As a practising tutor, I highly recommend your daughter to really start the preparation now in order to have an opportunity to fully but calmly prepare for the tests.
I would advise looking into Kaplan, it is still a good resource with a reasonable variety of materials.
A few of my students use Chegg and this Benchprep Ascend for their preparation.
Most of my colleges work on Tutor.comand provide all the needed courses or private lessons.
Being a writer and editor, I also recommend taking seriously the writing part of the tests, it has a decent impact, bigger than some people may think, for bettering essay skill I recommend looking through already pre written essays base and taking into account all the details, structure, words and phrases used for your daughter future writings.

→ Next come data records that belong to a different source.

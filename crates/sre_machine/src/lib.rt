//! The machine: one backtracking run over the bytecode, from one start.
//!
//! Each step executes an instruction or returns to a saved choice. The relation `Moves` of the specification says what
//! a step does. [`runner::Runner::attempt`] returns the first accepted match path.
//!
//! A search that has backtracked much memoizes its failures and the ends of atomic scopes ([`memo::Memo`]), and skips
//! equivalent configurations. The answer is the same.
#![tactic(auto)]

pub mod admitting;
pub mod allowance;
mod asked_places;
mod branches;
mod character_repeats;
mod long_repeats;
mod loops;
mod machine;
mod marked;
pub mod memo;
pub mod runner;
mod scopes;
mod set_members;
mod strides;
mod trying;
pub mod turns;
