//! Failures that are memoized under live captures.
//!
//! All of them hold under one state of the live captures, of which there is a copy. They are used as long as the live
//! captures equal it. If others are met often, the memo adopts those and drops its failures. Slots after the last group
//! that the code reads make no difference. A search computes that end once.
//!
//! Nor do slots make a difference at an address where none is live. A search lists such addresses once, when it first
//! meets other captures.

ghost use Rattle.std.specs.Prelude.{[], ℕ, ◌≡◌, ◌⊎◌, ◌+◌, ◌-◌, ◌*◌, ◌^◌, ◌<◌, ◌≤◌, IfOk, None, slice_index_or, true};
ghost use Rattle.std.specs.Prelude.{false};
ghost use Rattle.sre_machine.specs.Terms.{mark_at, SreOpcode, role, Asks, AreIdle, SaysOf, is_inside, spot_at};
ghost use Rattle.sre_machine.specs.Terms.{HoldsNone, HoldsNoMore, HoldsOneMore, Tells, items_of, opcode_number, Named};
ghost use Rattle.sre_machine.specs.Terms.{asks};
ghost use Rattle.sre_machine.specs.Memos.{MarkedStays};

use crate::asked_places::{AskedPlace, list_idle, says_of};
use sre_board::{Board, Failures, Known};
use sre_chars::constants::SreOpcode;
use sre_code::Code;
use sre_growth::Refusal;
use sre_turns::Point;
use std::alloc::Allocator;
use std::convert::TryFrom;
use std::marker::Model;

// How often other captures are met before they are adopted, plus once for each word of failures that is then dropped.
const PATIENCE: usize = 64;

/// Failures, and the captures under which they are memoized.
#[derive(Drop)]
pub(crate) struct Marked<A: Allocator> {
    marks: Vec<Option<usize>, A>,
    failures: Failures<A>,
    // the slot from which on none is read; unknown while it is the greatest number
    end: usize,
    // how often other captures were met
    strange: usize,
    // the live slots of each address, and the addresses at which none is live, once they are computed
    asked: Vec<AskedPlace, A>,
    idle: Vec<bool, A>,
}

impl<A: Allocator> Model for Marked<A> {
    ghost use Rattle.sre_machine.specs.Memos.{MarkedValue, marked_of};

    ghost Value = { MarkedValue };

    ghost view = { λ m. marked_of m.marks.items m.end m.failures m.idle.items };
}

// The position of a slot; `None` if it is not set, or past the end.
#[inline(always)]
fn entry_of(raw: &[Option<usize>], entry: usize) -> Option<usize>
    ensures { result ≡ slice_index_or raw.now entry None }
{
    if entry < raw.len() { raw[entry] } else { None }
}

// Whether two lists of slots agree from an entry on, up to another.
#[inline(always)]
fn agree(kept: &[Option<usize>], raw: &[Option<usize>], from: usize, most: usize) -> bool
    ensures { result ≡ true → (k : ℕ) → from ≤ k → k < most
        → slice_index_or kept.now k None ≡ slice_index_or raw.now k None }
{
    let end = kept.len().max(raw.len()).min(most);
    let mut entry = from;
    'entry: while entry < end {
        if entry_of(kept, entry) != entry_of(raw, entry) {
            return false;
        }
        entry += 1;
    }
    true
}

// Whether an opcode reads a group.
fn is_asking(code: SreOpcode) -> bool
    ensures { result ≡ asks (role code) }
{
    matches!(
        code,
        SreOpcode::GROUPREF
            | SreOpcode::GROUPREF_EXISTS
            | SreOpcode::GROUPREF_IGNORE
            | SreOpcode::GROUPREF_LOC_IGNORE
            | SreOpcode::GROUPREF_UNI_IGNORE
    )
}

// Whether a word is the number of an opcode that reads a group.
#[tactic(auto, using(crate::proofs::Analyses::asks_as, sre_model::proofs::Opcodes::opcode_low))]
fn may_ask(word: u32) -> bool
    ensures { result ≡ false → (o : SreOpcode) → opcode_number o ≡ word → asks (role o) ≡ false }
{
    match SreOpcode::try_from(word) {
        Ok(code) => is_asking(code),
        Err(_) => false,
    }
}

// The end with one group more, if a word is such a number.
fn end_with(end: usize, word: u32, group: u32) -> usize
    ensures grows { end ≤ result }
    ensures told { (o : SreOpcode) → opcode_number o ≡ word → asks (role o) ≡ true → 2 * group + 1 < result }
{
    if may_ask(word) {
        return end.max(2 * group as usize + 2);
    }
    end
}

// The slot from which on none is named. It reads the word after each that may be such an opcode, so it may be too
// great.
fn named_end(words: &[u32]) -> usize
    ensures { (g : ℕ) → Named words.now g → 2 * g + 1 < result }
{
    let mut end = 0;
    let mut place = 1;
    'word: while place < words.len() {
        end = end_with(end, words[place - 1], words[place]);
        place += 1;
    }
    end
}

// The slot from which on none is read. The code knows it, except with a conditional, which counts as reading every
// group; then it is estimated from single words.
fn asked_end(code: &Code<'_>) -> usize
    ensures { (g : ℕ) → Asks (items_of code.now) g → 2 * g + 1 < result }
{
    let last = code.asked_to();
    if last == u32::MAX {
        return named_end(code.items());
    }
    2 * last as usize + 2
}

// The same slot, computed if it is not known yet.
fn known_end(end: usize, code: &Code<'_>) -> usize
    ensures { (result ≡ end) ⊎ ((g : ℕ) → Asks (items_of code.now) g → 2 * g + 1 < result) }
{
    if end == usize::MAX {
        return asked_end(code);
    }
    end
}

// Copies slots into a list, and reuses its memory.
fn copy<A: Allocator>(
    list: &mut Vec<Option<usize>, A>,
    raw: &[Option<usize>],
) -> Result<(), Refusal<A>>
    ensures { IfOk result (λ _. list.new.items ≡ raw.now) }
{
    list.clear();
    'mark: for &mark in raw {
        sre_growth::push(list, mark)?;
    }
    Ok(())
}

impl<A: Allocator + Copy> Marked<A> {
    /// No failures. It allocates nothing.
    pub(crate) fn new(alloc: A) -> Marked<A>
        ensures none { HoldsNone result.kept }
        ensures end { result.end ≡ 2 ^ 64 - 1 }
        ensures idle { result.idle ≡ [] }
    {
        Marked {
            marks: Vec::new(alloc),
            failures: Failures::new(alloc),
            end: usize::MAX,
            strange: 0,
            asked: Vec::new(alloc),
            idle: Vec::new(alloc),
        }
    }
}

impl<A: Allocator> Marked<A> {
    /// Drops all failures, and keeps the memory.
    #[inline(always)]
    pub(crate) fn forget(&mut self)
        ensures none { HoldsNone self.new.kept }
        ensures end { self.new.end ≡ self.old.end }
        ensures idle { self.new.idle ≡ self.old.idle }
    {
        self.failures.forget();
        self.strange = 0;
    }

    /// Begins a search: drops all failures, and the knowledge of which slots are read.
    #[inline(always)]
    pub(crate) fn begin(&mut self)
        ensures none { HoldsNone self.new.kept }
        ensures end { self.new.end ≡ 2 ^ 64 - 1 }
        ensures idle { self.new.idle ≡ [] }
    {
        self.failures.forget();
        self.strange = 0;
        self.end = usize::MAX;
        self.idle.clear();
    }

    /// Lists the addresses at which no slot is live, unless this search already did.
    ///
    /// # Errors
    ///
    /// [`Refusal`] if an allocation fails. What is listed by then is right.
    fn tell_places(&mut self, words: &[u32]) -> Result<(), Refusal<A>>
        ensures idle { (self.new.idle ≡ self.old.idle) ⊎ AreIdle words.now self.new.idle }
        ensures marks { self.new.marks ≡ self.old.marks }
        ensures end { self.new.end ≡ self.old.end }
        ensures kept { self.new.kept ≡ self.old.kept }
    {
        if !self.idle.is_empty() {
            return Ok(());
        }
        list_idle(words, &mut self.asked, &mut self.idle)
    }

    /// Whether it is listed that no slot is live at an address, nor in a further body of a loop in progress.
    #[inline(always)]
    pub(crate) fn is_idle(&self, board: &Board<A>, place: usize) -> bool
        ensures { result ≡ true → SaysOf self.now.idle board.now.frames place }
    {
        let idle = self.idle.as_slice();
        says_of(idle, place) && board.are_bodies_in(idle)
    }

    /// Whether slots from an entry on are those under which failures are memoized.
    #[inline(always)]
    pub(crate) fn agrees(&self, raw: &[Option<usize>], from: usize) -> bool
        ensures { result ≡ true → (k : ℕ) → from ≤ k → k < self.now.end
            → mark_at self.now.marks k ≡ slice_index_or raw.now k None }
    {
        agree(self.marks.as_slice(), raw, from, self.end)
    }

    /// Notes that other captures were met, and returns whether that was often enough to adopt them.
    #[inline(always)]
    fn is_worn(&mut self) -> bool
        ensures { self.new ≡ self.old }
    {
        self.strange = self.strange.saturating_add(1);
        self.strange > self.failures.words().saturating_add(PATIENCE)
    }

    /// Adopts captures, with no failure under them.
    ///
    /// # Errors
    ///
    /// [`Refusal`] if an allocation fails. No failure is memoized then, either.
    fn adopt(&mut self, code: &Code<'_>, raw: &[Option<usize>]) -> Result<(), Refusal<A>>
        ensures none { HoldsNone self.new.kept }
        ensures end { (self.new.end ≡ self.old.end)
            ⊎ ((g : ℕ) → Asks (items_of code.now) g → 2 * g + 1 < self.new.end) }
        ensures idle { self.new.idle ≡ self.old.idle }
        ensures marks { IfOk result (λ _. self.new.marks.raw ≡ raw.now) }
    {
        self.failures.forget();
        self.strange = 0;
        self.end = known_end(self.end, code);
        copy(&mut self.marks, raw)
    }

    /// Notes that other captures were met, and adopts them once that happened often enough. The first time it lists the
    /// addresses at which no slot is live.
    ///
    /// # Errors
    ///
    /// [`Refusal`] if an allocation fails. What is memoized and listed by then is right.
    pub(crate) fn meet(&mut self, code: &Code<'_>, raw: &[Option<usize>]) -> Result<(), Refusal<A>>
        ensures stays { MarkedStays self.old self.new ⊎ HoldsNone self.new.kept }
        ensures end { (self.new.end ≡ self.old.end)
            ⊎ ((g : ℕ) → Asks (items_of code.now) g → 2 * g + 1 < self.new.end) }
        ensures idle { (self.new.idle ≡ self.old.idle) ⊎ AreIdle (items_of code.now) self.new.idle }
    {
        self.tell_places(code.items())?;
        if !self.is_worn() {
            return Ok(());
        }
        self.adopt(code, raw)
    }

    /// Makes room for the failures of a point, if there is none.
    ///
    /// # Errors
    ///
    /// [`Refusal`] if an allocation fails. All failures stay memoized.
    #[inline(always)]
    pub(crate) fn prepare(
        &mut self,
        words: &[u32],
        board: &Board<A>,
        point: Point,
        first: usize,
        end: usize,
    ) -> Result<(), Refusal<A>>
        ensures no_more { HoldsNoMore self.old.kept self.new.kept }
        ensures marks { self.new.marks ≡ self.old.marks }
        ensures end { self.new.end ≡ self.old.end }
        ensures idle { self.new.idle ≡ self.old.idle }
    {
        self.failures.prepare(words, board, point, first, end)
    }

    /// What is known of a point at a position, under the present stack.
    #[inline(always)]
    pub(crate) fn known(
        &self,
        words: &[u32],
        board: &Board<A>,
        point: Point,
        position: usize,
    ) -> Known
        ensures { Tells result self.now.kept words.now (is_inside board.now.choices)
            (spot_at point board.now.frames position board.now.marks) }
    {
        self.failures.known(words, board, point, position)
    }

    /// Memoizes that a point fails at a position, under the present stack.
    #[inline(always)]
    pub(crate) fn keep(&mut self, words: &[u32], board: &Board<A>, point: Point, position: usize)
        ensures more { HoldsOneMore words.now (is_inside board.now.choices)
            (spot_at point board.now.frames position board.now.marks) self.old.kept self.new.kept }
        ensures marks { self.new.marks ≡ self.old.marks }
        ensures end { self.new.end ≡ self.old.end }
        ensures idle { self.new.idle ≡ self.old.idle }
    {
        self.failures.keep(words, board, point, position);
    }
}
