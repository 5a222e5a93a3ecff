//! Atomic scopes: `ATOMIC_GROUP skip body SUCCESS`, `ASSERT skip back body SUCCESS`, ASSERT_NOT in the same layout, and
//! the bodies of `POSSESSIVE_REPEAT skip least greatest body SUCCESS`, where the skip leads to the SUCCESS.
//!
//! A scope is on the backtrack stack while its body is in progress, and the loops around it are set aside. Only the
//! first outcome of its body counts. So the choices inside are dropped as soon as the body ends. A possessive loop
//! continues from there, and its count is raised before a body begins, so the body's end finds it counted.
//!
//! If no atomic scope sets a capture, that outcome is its end position. So ends are memoized, for each instruction and
//! possessive loop that was tried inside: from an equivalent configuration the machine goes to the end at once.

ghost use Rattle.std.specs.Prelude.{◌≡◌, ◌-◌, [], true, IfOk, MatchOption, ◌⊎◌, IfSome, IfNone, false};
ghost use Rattle.sre_machine.specs.Terms.{is_inside, run_of, OpcodeAt, from_region, Closes, after_outcome};
ghost use Rattle.sre_machine.specs.Terms.{without_outcome, without_loop, Again, Refused, HoldsOpenMore, KeepsOpenEnds};
ghost use Rattle.sre_machine.specs.Terms.{HoldsOpenEnds};
ghost use Rattle.sre_machine.specs.Turns.{At, Turn, AtOnBoard, TurnAt, AtPoint, IsKeeping, EndsThere, BodyEnds};
ghost use Rattle.sre_machine.specs.Turns.{KeepsEndsHere, ForksThere, NoEndTold};
ghost use Rattle.sre_machine.specs.Memos.{RecallsOf};

use crate::loops::{may_repeat, next_frame};
use crate::memo::Memo;
use crate::trying::{Keeping, is_unmarked, may_branch_at};
use sre_board::Board;
use sre_chars::constants::SreOpcode;
use sre_chars::string::{StrDrive, StringCursor};
use sre_growth::Refusal;
use sre_request::Request;
use sre_request::text::back_by;
use sre_request::words::operand;
use sre_turns::{Frame, Next, Point, Region};
use std::alloc::Allocator;

/// `ATOMIC_GROUP skip body SUCCESS`: the first outcome of the body alone.
#[inline(always)]
pub(super) fn atomic_group<S: StrDrive, A: Allocator>(
    req: &Request<'_, S>,
    board: &mut Board<A>,
    place: usize,
    cursor: StringCursor,
) -> Result<Next, Refusal<A>>
    requires opcode { OpcodeAt req.now place SreOpcode.ATOMIC_GROUP }
    requires stands { At req.now place cursor }
    ensures { IfOk result (λ next. Turn req.now place cursor board.old next board.new) }
{
    let skip = operand(req, place, 1);
    board.begin_region(Region::AtomicGroup(place + 1 + skip as usize), cursor)?;
    Ok(Next::At(place + 2, cursor))
}

/// `ASSERT skip back body SUCCESS`: continues here if the body matches so many characters before.
#[inline(always)]
pub(super) fn assert<S: StrDrive, A: Allocator>(
    req: &Request<'_, S>,
    board: &mut Board<A>,
    place: usize,
    cursor: StringCursor,
) -> Result<Next, Refusal<A>>
    requires opcode { OpcodeAt req.now place SreOpcode.ASSERT }
    requires stands { At req.now place cursor }
    ensures { IfOk result (λ next. Turn req.now place cursor board.old next board.new) }
{
    let skip = operand(req, place, 1);
    let back = operand(req, place, 2) as usize;
    if cursor.position() < back {
        return Ok(Next::Back);
    }
    board.begin_region(Region::Ahead(place + 1 + skip as usize), cursor)?;
    board.pass(back);
    Ok(Next::At(place + 3, back_by(req, cursor, back)))
}

/// `ASSERT_NOT skip back body SUCCESS`: continues here unless the body matches so many characters before.
#[inline(always)]
pub(super) fn assert_not<S: StrDrive, A: Allocator>(
    req: &Request<'_, S>,
    board: &mut Board<A>,
    place: usize,
    cursor: StringCursor,
) -> Result<Next, Refusal<A>>
    requires opcode { OpcodeAt req.now place SreOpcode.ASSERT_NOT }
    requires stands { At req.now place cursor }
    ensures { IfOk result (λ next. Turn req.now place cursor board.old next board.new) }
{
    let skip = operand(req, place, 1);
    let back = operand(req, place, 2) as usize;
    let tail = place + 1 + skip as usize;
    if cursor.position() < back {
        return Ok(Next::At(tail, cursor));
    }
    board.begin_region(Region::NotAhead(tail), cursor)?;
    board.pass(back);
    Ok(Next::At(place + 3, back_by(req, cursor, back)))
}

/// Ends the innermost atomic scope, if there is one, at a cursor: its body has an outcome.
#[inline(always)]
pub(super) fn end<S: StrDrive, A: Allocator>(
    req: &Request<'_, S>,
    board: &mut Board<A>,
    cursor: StringCursor,
) -> Option<Next>
    ensures { MatchOption result
        ((from_region board.old.choices ≡ []) × (board.new ≡ board.old))
        (λ next. (is_inside board.old.choices ≡ true) × Closes (run_of req.now) cursor board.old next board.new) }
{
    let (region, entered) = board.cut()?;
    Some(after_outcome(region, cursor, entered))
}

// What follows a scope whose body has an outcome at a cursor.
#[inline(always)]
fn after_outcome(region: Region, cursor: StringCursor, entered: StringCursor) -> Next
    ensures { result ≡ after_outcome region cursor entered }
{
    match region {
        Region::AtomicGroup(tail) => Next::At(tail, cursor),
        Region::Ahead(tail) => Next::At(tail, entered),
        Region::NotAhead(_) => Next::Back,
        Region::Owed | Region::Further(_) => Next::Again(cursor),
    }
}

/// What follows a scope whose body has no outcome. A possessive loop ends if a further body has none.
#[inline(always)]
pub(super) fn without_outcome<A: Allocator>(
    board: &mut Board<A>,
    region: Region,
    entered: StringCursor,
) -> Next
    ensures next { result ≡ without_outcome region entered }
    ensures board { board.new ≡ without_loop region board.old }
{
    match region {
        Region::AtomicGroup(_) => Next::Back,
        Region::Ahead(_) => Next::Back,
        Region::NotAhead(tail) => Next::At(tail, entered),
        Region::Owed => Next::Back,
        Region::Further(tail) => {
            board.leave();
            Next::At(tail, entered)
        }
    }
}

/// `POSSESSIVE_REPEAT skip least greatest body SUCCESS`: begins a loop, before its first body.
#[inline(always)]
pub(super) fn possessive_repeat<S: StrDrive, A: Allocator>(
    req: &Request<'_, S>,
    board: &mut Board<A>,
    place: usize,
    cursor: StringCursor,
) -> Result<Next, Refusal<A>>
    requires opcode { OpcodeAt req.now place SreOpcode.POSSESSIVE_REPEAT }
    requires stands { At req.now place cursor }
    ensures { IfOk result (λ next. Turn req.now place cursor board.old next board.new) }
{
    board.enter(Frame {
        repeat: place,
        count: 0,
        last: None,
    })?;
    Ok(Next::Again(cursor))
}

/// A further body of the innermost loop, which is possessive, or its end.
#[inline(always)]
pub(super) fn again<S: StrDrive, A: Allocator>(
    req: &Request<'_, S>,
    board: &mut Board<A>,
    cursor: StringCursor,
) -> Result<Next, Refusal<A>>
    requires { AtOnBoard req.now Again cursor board.old }
    ensures { IfOk result (λ next. TurnAt req.now Again cursor board.old next board.new) }
{
    let frame = board.top();
    let least = operand(req, frame.repeat, 2);
    let greatest = operand(req, frame.repeat, 3);
    let skip = operand(req, frame.repeat, 1) as usize;
    let tail = frame.repeat + 1 + skip + 1;
    board.leave();
    if frame.count < least {
        board.enter(next_frame(frame, frame.last))?;
        board.begin_region(Region::Owed, cursor)?;
        return Ok(Next::At(frame.repeat + 4, cursor));
    }
    if !may_repeat(greatest, frame, cursor) {
        return Ok(Next::At(tail, cursor));
    }
    board.enter(next_frame(frame, Some(cursor.position())))?;
    board.begin_region(Region::Further(tail), cursor)?;
    Ok(Next::At(frame.repeat + 4, cursor))
}

/// The memoized end of the innermost atomic scope's body from a point inside, if there is one.
#[inline(always)]
pub(super) fn known_end<S: StrDrive, A: Allocator>(
    req: &Request<'_, S>,
    board: &Board<A>,
    memo: &Memo<A>,
    keeping: Keeping,
    point: Point,
    cursor: StringCursor,
) -> Option<StringCursor>
    requires stands { AtPoint req.now point cursor }
    requires remembers { RecallsOf req.now memo.now }
    requires keeping { IsKeeping req.now keeping point board.now memo.now }
    ensures told { IfSome result (λ end. EndsThere req.now point cursor board.now end) }
    ensures none { IfNone result (keeping ≡ Keeping.Unmarked → ForksThere req.now point
        → NoEndTold req.now point cursor board.now memo.now) }
{
    if keeping != Keeping::Unmarked || !board.is_inside() || !memo.keeps_ends() {
        return None;
    }
    if !may_branch_at(req, point, cursor) {
        return None;
    }
    memo.end(req.pattern_codes().items(), board, point, cursor.position())
}

/// The body of the innermost atomic scope, if there is one, ends at a cursor. With an open memo that end is memoized
/// for each point that is being tried inside. If an allocation fails the memo closes.
#[inline(always)]
pub(super) fn keep_ends<S: StrDrive, A: Allocator>(
    req: &Request<'_, S>,
    board: &Board<A>,
    memo: &mut Memo<A>,
    cursor: StringCursor,
)
    requires ends { BodyEnds req.now cursor board.now }
    requires remembers { RecallsOf req.now memo.old }
    ensures remembers { RecallsOf req.now memo.new }
    ensures more { HoldsOpenMore memo.old.kept (run_of req.now).words board.now.choices cursor memo.old.ends
        memo.new.ends }
    ensures kept { KeepsOpenEnds memo.old.kept (run_of req.now).words board.now.choices cursor memo.old.ends
        memo.new.ends }
    ensures held { KeepsEndsHere req.now board.now memo.old → memo.new.stopped ≡ false
        → HoldsOpenEnds memo.old.kept (run_of req.now).words board.now.choices cursor memo.new.ends }
    ensures failures { memo.new.kept ≡ memo.old.kept }
    ensures closed { memo.old.is_open ≡ false → memo.new ≡ memo.old }
    ensures same { memo.new.stopped ≡ false → memo.new ≡ record memo.old { ends = memo.new.ends } }
    ensures stopped { memo.old.stopped ≡ true → memo.new.stopped ≡ true }
    ensures refused { memo.new.stopped ≡ true → Refused A }
    ensures still { memo.old.is_open ≡ true → memo.new.is_open ≡ true ⊎ Refused A }
{
    if memo.is_open() && memo.keeps_ends() && board.is_inside() && is_unmarked(req, board) {
        memo.keep_ends(req.pattern_codes().items(), board, cursor);
    } else {
        memo.note_end();
    }
}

Hoping any of the above will be useful, wish you strength and luck to your daughter in these challenging part of her life!

Thank you for your reply. I’ll check out Kaplan.

I’m actually surprised I didn’t get more replies and suggestions either here or via PM, given I’m sure people have both positive and negative experiences with various test prep providers.

Or maybe my post was too long, and given attention spans in this digital age…
My fault for not keeping it short and succinct.

Another tutor here, just wanted to point out that both the ACT and SAT recently cancelled the essay section, so there’s actually no need to prepare for that – yay for shorter tests!

I’d tailor your approach to your daughter’s learning style. Does she have the discipline & persistence to get the basics by working her way through a test-prep book on her own? Or will she need the structure of a class, or the encouragement of a private tutor? Honestly, the prep books+Khan Academy are pretty good. If she’s a motivated visual/verbal learner, she can probably learn half of what she needs to know, or more, from reading and working through a book for about 12-15 hours – long enough to get exposure, but not so long she gets discouraged or overwhelmed. Then, she could work with a tutor to learn & practice the remaining half over about 5 months with ~1.5 hrs tutoring + 1hr homework per week.

But if she’d benefit from having external structure & direction from the get-go, I’d recommend starting with a tutor right away. With her relatively high baseline, I just don’t think a basic group prep class will add as much value because it won’t be tailored to her specific needs.

This summer is a great window to dedicate some study time before junior year ramps up, and to hone her overall reading/skimming skills – the ACT Reading & Science require speed-reading. On the other hand, her math knowledge will improve significantly as junior year goes on, so she will want to either make an effort to learn the handful of advanced concepts ‘early’, or wait for a spring test date. My 2 cents – interested to hear what others think too!

I have prepared a video on how to the ace the ACT, and maybe it can help you out.

@RossyJo and @curiocity915 – Jumping in to ask how does one find a quality local tutor? I know my kid (rising junior) needs the structure so I’m not bothering with the self-directed route.

I know no parents locally that used a tutor. My kid goes to boarding school and is home for the summer.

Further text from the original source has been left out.